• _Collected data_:
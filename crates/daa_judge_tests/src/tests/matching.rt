//! daa_judge: comparing over a source in memory, and a sheet.

use daa_io::{Failed, MemSource, Sink};
use daa_judge::{Found, Matching, NoMemory, Sheet};
use std::alloc::{AllocError, Global};
use std::error::Error;
use std::process::Abort;
use std::test::Fail;

/// What is found of these bytes, handed out in pieces of this size, if the report is two texts and
/// `most` bytes may be read.
fn find_in<R: AllocGlobal>(
    rt: &R,
    bytes: &[u8],
    size: usize,
    fails: &[u64],
    texts: [&[u8]; 2],
    most: u64,
) -> Result<Found, Fail> {
    if most >= 1 << 40 {
        return Err("a limit below 2^40".into());
    }
    let alloc = rt.alloc();
    let sizes = [size; 16];
    let mut source = MemSource::new(
        bytes.to_vec(alloc)?,
        sizes.to_vec(alloc)?,
        fails.to_vec(alloc)?,
    );
    let mut matching = Matching::new(most);
    let found = matching.compare(&mut source, texts[0]);
    if found != Found::Alike {
        return Ok(found);
    }
    let found = matching.compare(&mut source, texts[1]);
    if found != Found::Alike {
        return Ok(found);
    }
    Ok(matching.end(&mut source))
}

/// Bytes, a call that fails, how many bytes may be read, and what is found beside `a\nb` and `c\n`.
static CASES: [(&[u8], u64, u64, Found); 12] = [
    (b"a\nbc\n", 99, 9, Found::Alike),
    (b"a\nbc\n", 99, 5, Found::Alike),
    (b"a\nbc\n", 99, 4, Found::Limit),
    (b"a\nbc\n\n", 99, 5, Found::Limit),
    (b"a\nbc\n\n", 99, 6, Found::Differs(3)),
    (b"a\nbx\n", 99, 9, Found::Differs(2)),
    (b"a\nbx\n", 99, 4, Found::Differs(2)),
    (b"a\nbx\n", 99, 3, Found::Limit),
    (b"a\nb", 99, 3, Found::Differs(2)),
    (b"", 99, 9, Found::Differs(1)),
    (b"a\nbc\n", 0, 9, Found::Fault),
    (b"x", 1, 9, Found::Differs(1)),
];

#[test]
fn what_is_found(rt: HostRuntime) -> Result<(), Fail> {
    for (bytes, fail, most, what) in &CASES {
        for size in [1, 2, 9] {
            let one = find_in(&rt, bytes, size, &[*fail], [b"a\nb", b"c\n"], *most)?;
            assert!(rt; one == *what, "{size}");
        }
    }
    Ok(())
}

#[test]
fn a_sheet_takes_what_it_has_room_for(rt: HostRuntime) -> Result<(), Fail> {
    let mut sheet = Sheet::new(rt.alloc()).map_err(|_| "memory")?;
    let piece = [7u8; 65536];
    assert_eq!(rt; sheet.write(&piece), Ok(65536));
    assert_eq!(rt; sheet.write(&piece), Ok(64641));
    assert_eq!(rt; sheet.write(&piece), Err(Failed));
    assert_eq!(rt; sheet.text().len(), 130177);
    sheet.clear();
    assert_eq!(rt; sheet.write(b"x"), Ok(1));
    assert_eq!(rt; sheet.text(), b"x".as_slice());
    Ok(())
}

/// The sentence of an error, as a caller prints it.
fn sentence_of<E: Error>(alloc: Global, error: E) -> Result<String, AllocError> {
    format!(in alloc; "{error}")
}

#[test]
fn the_fault_has_a_sentence(rt: HostRuntime) -> Result<(), Fail> {
    let sentence = sentence_of(rt.alloc(), NoMemory)?;
    assert_eq!(rt; sentence.as_str(), "there was no memory for a sheet");
    Ok(())
}

fn may_be_sent<T: Send>() {}

// The check refuses a type that may not be sent between threads.
#[test]
fn values_may_be_sent() {
    may_be_sent::<Matching>();
    may_be_sent::<Sheet>();
    may_be_sent::<Found>();
    may_be_sent::<NoMemory>();
}
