//! daa_ahead: what is handed out is taken, by turns or ahead; and a read and a piece meet in time.

ghost use Rattle.std.specs.Prelude.{◌≤◌};

use daa_ahead::examples::HoldingSource;
use daa_ahead::{Calls, Ended, Next, Taker, ahead, in_turn};
use daa_io::{Failed, Gate, Meeting, MemSource, Source};
use std::alloc::{AllocError, Global};
use std::sync::atomic::{AtomicU64, Ordering};
use std::test::Fail;
use std::thread;
use std::thread::Threads;
use std::time::{Clock, Duration};

/// Keeps the first 64 bytes that it takes, and wants no more once it has 64.
#[derive(Drop)]
struct Gather {
    bytes: [u8; 64],
    len: usize,
    most: usize,
}

impl Taker for Gather {
    ghost ready = { λ taker piece. Unit {0} };

    ghost takes = { λ taker piece answer after. Unit {0} };

    fn take(&mut self, piece: &[u8]) -> bool {
        for byte in piece {
            if self.len < 64 {
                self.bytes[self.len] = *byte;
                self.len += 1;
            }
        }
        self.len < self.most
    }
}

fn source(alloc: Global, fails: &[u64]) -> Result<MemSource, AllocError> {
    let bytes = b"abcdefgh".to_vec(alloc)?;
    let pieces = [3, 2, 1].to_vec(alloc)?;
    Ok(MemSource::new(bytes, pieces, fails.to_vec(alloc)?))
}

/// The most bytes that are read, how many the taker wants, the call that fails, how it ends, and
/// how many bytes are taken.
static CASES: [(u64, usize, u64, Ended, usize); 7] = [
    (100, 64, 99, Ended::End, 8),
    (8, 64, 99, Ended::End, 8),
    (7, 64, 99, Ended::Limit, 7),
    (1, 64, 99, Ended::Limit, 1),
    (100, 64, 2, Ended::Fault, 5),
    (100, 4, 99, Ended::Stopped, 5),
    (100, 4, 2, Ended::Stopped, 5),
];

#[test]
fn what_is_handed_out_is_taken(rt: HostRuntime) -> Result<(), Fail> {
    for (most, wanted, fails, ended, len) in CASES {
        for places in [0, 1, 4] {
            let mut source = source(rt.alloc(), &[fails])?;
            let mut taker = Gather {
                bytes: [0; 64],
                len: 0,
                most: wanted,
            };
            let mut buf = [0u8; 16];
            let answer = if places == 0 {
                in_turn(&mut source, most, &mut taker, &mut buf)
            } else {
                ahead(
                    &rt,
                    rt.alloc(),
                    &mut source,
                    places,
                    most,
                    &mut taker,
                    &mut buf,
                )
            };
            assert!(rt; answer == ended);
            // pieces that were read ahead may have been given with the one that it stopped at
            let later = ended == Ended::Stopped && places > 0 && len <= taker.len;
            assert!(rt; taker.len == len || later);
            assert!(rt; taker.bytes[..8].starts_with(&b"abcdefgh"[..taker.len.min(8)]));
        }
    }
    Ok(())
}

/// The number under which the taker comes to the meeting; the source comes as 0.
const PIECE: u32 = 1;

#[derive(Drop)]
struct HoldingTaker<'a, G> {
    calls: u8,
    meeting: &'a G,
}

impl<G: Gate> Taker for HoldingTaker<'_, G> {
    ghost ready = { λ taker piece. Unit {0} };

    ghost takes = { λ taker piece answer after. Unit {0} };

    fn take(&mut self, _piece: &[u8]) -> bool {
        if self.calls == 0 {
            self.meeting.pass(PIECE, 0);
        }
        self.calls = self.calls.saturating_add(1);
        true
    }
}

fn meets<R: Threads + Clock + Sync, C: Clock + Sync + Drop>(
    rt: &R,
    alloc: Global,
    clock: C,
) -> Result<bool, AllocError> {
    let meeting = Meeting::of(clock, 2);
    let mut source = HoldingSource {
        inner: source(alloc, &[])?,
        calls: 0,
        waits: 1,
        gate: &meeting,
    };
    let mut taker = HoldingTaker {
        calls: 0,
        meeting: &meeting,
    };
    let mut buf = [0u8; 16];
    let ended = ahead(rt, alloc, &mut source, 4, 100, &mut taker, &mut buf);
    Ok(ended == Ended::End && meeting.has_met())
}

/// As the reader's thread may not be had, the meeting is tried five times.
#[test]
fn the_second_read_and_the_first_piece_meet(rt: HostRuntime) -> Result<(), Fail> {
    let mut met = false;
    for _ in 0..5 {
        if !met {
            met = meets(&rt, rt.alloc(), &rt)?;
        }
    }
    assert!(rt; met);
    Ok(())
}

/// How many reads were made, and a clock to wait by.
#[derive(Drop)]
struct Reads<C> {
    clock: C,
    made: AtomicU64,
}

impl<C: Clock> Reads<C> {
    /// How many reads are beyond so many, once no more come; 0 if that takes a second.
    fn beyond(&self, taken: u64) -> u64 {
        let mut seen = 0;
        for _ in 0..20 {
            thread::sleep(&self.clock, Duration::from_millis(50));
            let made = self.made.load(Ordering::SeqCst);
            if made == seen {
                return made.saturating_sub(taken);
            }
            seen = made;
        }
        0
    }
}

/// A source that counts its reads.
#[derive(Drop)]
struct CountingSource<'a, C> {
    inner: MemSource,
    reads: &'a Reads<C>,
}

impl<C: Clock> Source for CountingSource<'_, C> {
    ghost use Rattle.std.specs.Prelude.{Some};

    ghost left = { λ s. Some s.inner.left };

    ghost faults = { λ s. s.inner.faults };

    fn read(&mut self, buf: &mut [u8]) -> Result<usize, Failed> {
        self.reads.made.fetch_add(1, Ordering::SeqCst);
        self.inner.read(buf)
    }
}

/// A taker that keeps its first pieces, of one byte each, until the reader is as far ahead as it
/// gets, and how many reads were made by then beyond those pieces.
#[derive(Drop)]
struct SlowTaker<'a, C> {
    reads: &'a Reads<C>,
    ahead: Option<u64>,
}

impl<C: Clock> Taker for SlowTaker<'_, C> {
    ghost ready = { λ taker piece. Unit {0} };

    ghost takes = { λ taker piece answer after. Unit {0} };

    fn take(&mut self, piece: &[u8]) -> bool {
        if self.ahead.is_none() {
            self.ahead = Some(self.reads.beyond(piece.len() as u64));
        }
        true
    }
}

/// How many reads of a source of 200 pieces are made while the taker keeps its first ones.
fn reads_ahead<R: Threads + Clock + Sync, C: Clock + Sync + Drop>(
    rt: &R,
    alloc: Global,
    clock: C,
    places: u32,
) -> Result<Option<u64>, AllocError>
    requires { (1 ≤ places) × (places ≤ 1024) }
{
    let reads = Reads {
        clock,
        made: AtomicU64::new(0),
    };
    let bytes = vec![in alloc; 7u8; 200]?;
    let pieces = vec![in alloc; 1; 200]?;
    let mut source = CountingSource {
        inner: MemSource::new(bytes, pieces, Vec::new(alloc)),
        reads: &reads,
    };
    let mut taker = SlowTaker {
        reads: &reads,
        ahead: None,
    };
    let mut buf = [0u8; 16];
    ahead(rt, alloc, &mut source, places, 1000, &mut taker, &mut buf);
    Ok(taker.ahead)
}

/// As many pieces as there are places, and one that finds none. The reader's thread may come late,
/// so each number of places is tried five times.
#[test]
fn as_many_pieces_are_read_ahead_as_there_are_places(rt: HostRuntime) -> Result<(), Fail> {
    for places in [1u32, 4, 16] {
        let mut found = None;
        for _ in 0..5 {
            if found != Some(u64::from(places) + 1) {
                found = reads_ahead(&rt, rt.alloc(), &rt, places)?;
            }
        }
        assert!(rt; found == Some(u64::from(places) + 1));
    }
    Ok(())
}

fn may_be_sent<T: Send>() {}

/// The check refuses a type that may not be sent between threads.
fn values_may_be_sent() {
    may_be_sent::<Calls<()>>();
    may_be_sent::<Ended>();
    may_be_sent::<Next>();
}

• _INSTRUCTIONS FOR THE TASK_: Identify the lines above that contain the word "usize", then copy them.

• _FINISHED TASK_:
    size: usize,
    len: usize,
    most: usize,
static CASES: [(u64, usize, u64, Ended, usize); 7] = [
    fn read(&mut self, buf: &mut [u8]) -> Result<usize, Failed> {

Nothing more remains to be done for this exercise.